Photo : Radio-Canada / Azeb Wolde-Giorghis

Ici aussi, la garde nationale est venue prêter main-forte à la police.

Des articles désodorisants en forme de sapin ornent la clôture, car le jeune Daunte Wright aurait d’abord été interpellé parce qu'il avait un tel objet accroché à son rétroviseur. Le Minnesota interdit tout objet pendant sur les rétroviseurs des voitures.
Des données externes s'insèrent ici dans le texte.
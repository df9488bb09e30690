//! The small parts of the form that runs: variables in scope, types, pointers, and the format that prints.
#![tactic(auto)]

mod formats;
mod pointers;
mod reserved;
mod scope;
mod sort;
mod types;

pub use formats::is_format;
pub use pointers::{cast, lone_name, malloc, pointer};
pub use reserved::{is_free, is_printf, is_reserved};
pub use scope::Scope;
pub use sort::Sort;
pub use types::{after_star, declared_name, is_void, only, target};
Ici, des membres de la Nation Black Panther défilent juste devant l’édifice. Leur chef Nasiy affirme qu’ils sont là pour assurer la sécurité de la communauté.

Le système ne protège pas les nôtres, dit-il.

Le système est corrompu et infiltré par les suprémacistes blancs, et il faut que ça change.

Une citation de :Nasiy, de la Nation Black Panther
Quatre hommes masqués, portant des habits militaires noirs ainsi qu'un béret rouge, posent pour la photo. Deux d'entre eux ont un fusil mitrailleur.

Des membres de la Nation Black Panther

Photo : Radio-Canada / Azeb Wolde-Giorghis

Lundi, ce sera l’heure de vérité pour le système judiciaire : saura-t-il être à la hauteur des attentes?